June 15 – Evelyn Underhill

These weekly “People to Commemorate” posts are a kind of calendar for the commemoration of the saints, reproduced here from a Uniting Church Assembly document which can be found in full here. They are intended for copying and pasting into congregational pew sheets on the Sunday closest to the nominated date.

Images (where provided) are of icons by Peter Blackwood; click on the image to download a high resolution copy of the image.

Evelyn Underhill, person of prayer

Evelyn Underhill was born in England in 1875 and was the only daughter of Sir Arthur and Lady Alice Underhill. Her father was a well known barrister in London, and Evelyn was brought up in a household steeped in the law. She did not go to school, but was educated at home. After completing her secondary schooling, she attended King’s College, London. During vacations, she travelled abroad, and was greatly attracted to Catholicism, and would have become a Catholic, but was put off by the Catholic Church’s antagonistic attitude to the Modernist trend in theology at the end of the 19th century.

In 1907, she became a member of the Anglican Church, aligning herself with the High Church of England tradition. In the same year, she married Hubert Moore, a barrister. They had no children.

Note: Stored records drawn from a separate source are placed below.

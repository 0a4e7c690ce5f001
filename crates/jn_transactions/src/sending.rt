//! What a coordinator sends.

ghost use Rattle.std.specs.Prelude.{◌≡◌, [], ◌∷◌, ◌++◌};
ghost use Rattle.jn_base.specs.declared.names.Party.TheVariants as parties;
ghost use Rattle.jn_msgs.specs.declared.message.Message.TheVariants as messages;
ghost use Rattle.jn_msgs.specs.declared.message.Outcome.TheVariants as outcomes;
ghost use Rattle.jn_msgs.specs.declared.message.Note.TheVariants as notes;
ghost use Rattle.jn_base.specs.declared.names.Tickets.{Tickets};
ghost use Rattle.jn_rows.specs.declared.coordinator.Stage.TheVariants as stages;
ghost use Rattle.jn_rows.specs.Coordinator as rows;
ghost use Rattle.jn_rows.specs.Coordinator.{CoordinatorTable};
ghost use Rattle.jn_transactions.specs.Telling.{Adds, added};

use crate::faults::CoordFault;
use crate::table::{besides, is_awaited};
use jn_base::{Cause, ClientNo, Party, Tickets, Tid, WorkId};
use jn_msgs::{Message, Note, Out, Outcome, Works};
use jn_rows::{Committed, Stage, Transaction};
use std::alloc::Global;

/// Sends a message.
#[tactic(auto, using(crate::proofs::Sends::longer_same))]
pub fn send(out: &mut Out, to: Party, message: Message) -> Result<(), CoordFault>
    ensures { Adds ((to, message) ∷ []) [] out.old result out.new }
{
    match out.send(to, message) {
        Ok(()) => Ok(()),
        Err(_) => Err(CoordFault::Memory),
    }
}

/// Sends its outcome to a transaction's client.
pub fn send_outcome(
    out: &mut Out,
    client: ClientNo,
    tid: Tid,
    outcome: Outcome,
) -> Result<(), CoordFault>
    ensures { Adds ((parties.Client client, messages.Outcome client tid outcome) ∷ []) [] out.old result out.new }
{
    send(
        out,
        Party::Client(client),
        Message::Outcome(client, tid, outcome),
    )
}

/// Reports that a message is stale.
#[tactic(auto, using(crate::proofs::Sends::longer_same))]
pub fn note(out: &mut Out, note: Note) -> Result<(), CoordFault>
    ensures { Adds [] (note ∷ []) out.old result out.new }
{
    match out.note(note) {
        Ok(()) => Ok(()),
        Err(_) => Err(CoordFault::Memory),
    }
}

pub fn send_drops(out: &mut Out, tid: Tid, works: &[WorkId]) -> Result<(), CoordFault>
    ensures { Adds (rows.drops tid works.now) [] out.old result out.new }
{
    for work in works {
        send(out, Party::Server(work.server), Message::Drop(tid, *work))?;
    }
    Ok(())
}

fn send_commits(out: &mut Out, tid: Tid, works: &[WorkId]) -> Result<(), CoordFault>
    ensures { Adds (rows.commits tid works.now) [] out.old result out.new }
{
    for work in works {
        send(out, Party::Server(work.server), Message::Commit(tid, *work))?;
    }
    Ok(())
}

pub fn send_prepares(
    out: &mut Out,
    tid: Tid,
    client: ClientNo,
    works: &[WorkId],
) -> Result<(), CoordFault>
    ensures { Adds (rows.prepares tid client works.now) [] out.old result out.new }
{
    for work in works {
        send(
            out,
            Party::Server(work.server),
            Message::Prepare(tid, client, *work),
        )?;
    }
    Ok(())
}

/// Drops these works, and tells the client why.
pub fn tell_abort(
    out: &mut Out,
    client: ClientNo,
    tid: Tid,
    cause: Cause,
    works: &[WorkId],
) -> Result<(), CoordFault>
    ensures { Adds (rows.drops tid works.now ++ (parties.Client client, messages.Outcome client tid (outcomes.Aborted cause)) ∷ []) [] out.old result out.new }
{
    send_drops(out, tid, works)?;
    send_outcome(out, client, tid, Outcome::Aborted(cause))
}

/// Tells the works and the client that a transaction committed.
pub fn tell_commit(
    out: &mut Out,
    client: ClientNo,
    tid: Tid,
    works: &[WorkId],
) -> Result<(), CoordFault>
    ensures { Adds (rows.commits tid works.now ++ (parties.Client client, messages.Outcome client tid outcomes.Committed) ∷ []) (notes.Commit tid ∷ []) out.old result out.new }
{
    note(out, Note::Commit(tid))?;
    send_commits(out, tid, works)?;
    send_outcome(out, client, tid, Outcome::Committed)
}

/// Tells a work the outcome that it asks for, where there is one.
#[tactic(auto, using(crate::proofs::Sends::added_none))]
pub fn tell_work(out: &mut Out, tid: Tid, work: WorkId, stage: &Stage) -> Result<(), CoordFault>
    ensures { (t : CoordinatorTable) (k : Tickets)
        → Adds (rows.told_stage t k tid work stage.now).messages (rows.told_stage t k tid work stage.now).notes out.old result out.new }
{
    match stage {
        Stage::Open | Stage::Voting(_) => Ok(()),
        Stage::Committed(d) if is_awaited(d, work) => send_commits(out, tid, &[work]),
        _ => send_drops(out, tid, &[work]),
    }
}

/// Tells that no such transaction is known.
pub fn tell_not_known(
    out: &mut Out,
    client: ClientNo,
    tid: Tid,
    works: &Works,
    tickets: Tickets,
) -> Result<(), CoordFault>
    ensures { (t : CoordinatorTable)
        → Adds (rows.not_known t tickets client tid works.now).messages [] out.old result out.new }
{
    let outcome = Outcome::NotKnown(tickets.server, tickets.epoch);
    send_outcome(out, client, tid, outcome)?;
    send_drops(out, tid, works.as_slice())
}

/// Tells once more what a transaction has told.
#[tactic(auto, using(crate::proofs::Sends::added_none))]
fn tell_again(alloc: Global, out: &mut Out, x: &Transaction) -> Result<(), CoordFault>
    ensures { Adds (rows.told_again x.now x.now.stage) [] out.old result out.new }
{
    match &x.stage {
        Stage::Open | Stage::Voting(_) => Ok(()),
        Stage::Aborted(cause) => send_outcome(out, x.client, x.tid, Outcome::Aborted(*cause)),
        Stage::Committed(d) => tell_committed_again(alloc, out, x, d),
    }
}

#[tactic(auto, using(crate::proofs::Sends::added_nil, crate::proofs::Sends::adds_gave_up))]
fn tell_committed_again(
    alloc: Global,
    out: &mut Out,
    x: &Transaction,
    d: &Committed,
) -> Result<(), CoordFault>
    ensures { Adds (rows.told_again x.now (stages.Committed d.now)) [] out.old result out.new }
{
    let waiting = besides(alloc, d.works.as_slice(), d.done.as_slice())?;
    send_commits(out, x.tid, &waiting)?;
    if d.thanked {
        return Ok(());
    }
    send_outcome(out, x.client, x.tid, Outcome::Committed)
}

/// Tells once more what decided transactions have told.
pub fn tell_all_again(
    alloc: Global,
    out: &mut Out,
    transactions: &[Transaction],
) -> Result<(), CoordFault>
    ensures { Adds (rows.coordinator_again transactions.now) [] out.old result out.new }
{
    for x in transactions {
        tell_again(alloc, out, x)?;
    }
    Ok(())
}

Prior to becoming a member of the church, she had read the writings of the famous Christian mystics – people like Teresa of Avila, Augustine of Hippo, John of the Cross, Francis of Assissi, Walter hilton, Julian of Norwich and the author of The Cloud of Unknowing. She became absorbed with Christian spirituality and Christian mysticism, and felt that the average Christian knew little about this side of Christianity. She had always liked writing, so she began to write about Christian spirituality and published a guide to Christian mysticism in 1911. Other books were to follow – books on prayer and worship, and new translations of the writings of Christian mystics for the ordinary person.

Her writings attracted a great deal of interest, and she was soon in demand as a speaker and spiritual guide. She began to conduct retreats and conferences and later gave radio talks. She was very conscious of the need to to keep a balance between the spiritual and physical elements of life – the necessary combination of Mary and Martha, she put it. As a result, she spent her mornings writing, and her afternoons visiting the sick and the poor.

Her writings are refreshing. Although she writes about deep spiritual matters, she uses unaffected illustrations which are easy to identify with. She had a gift for relating what she had to say to the lives of ordinary men and women. On one occasion, she drew a parallel between a Christian’s life and a two-story house. In this house, the upstairs rooms are the spiritual rooms – decorative and beautiful; the downstairs rooms are the practical, well-used rooms representing the physical side of our natures. The house is incomplete without both sorts of rooms. We cannot retreat to the upstairs rooms and ignore the fact that the kitchen downstairs is overrun with beetles and contains a stove that doesn’t work properly.

From all accounts, Evelyn Underhill was a lively person. She loved the outdoors and was passionate about yachting. She had a fondness for pets and indulged in bookbinding for a hobby. She was greatly mourned when she died in 1941.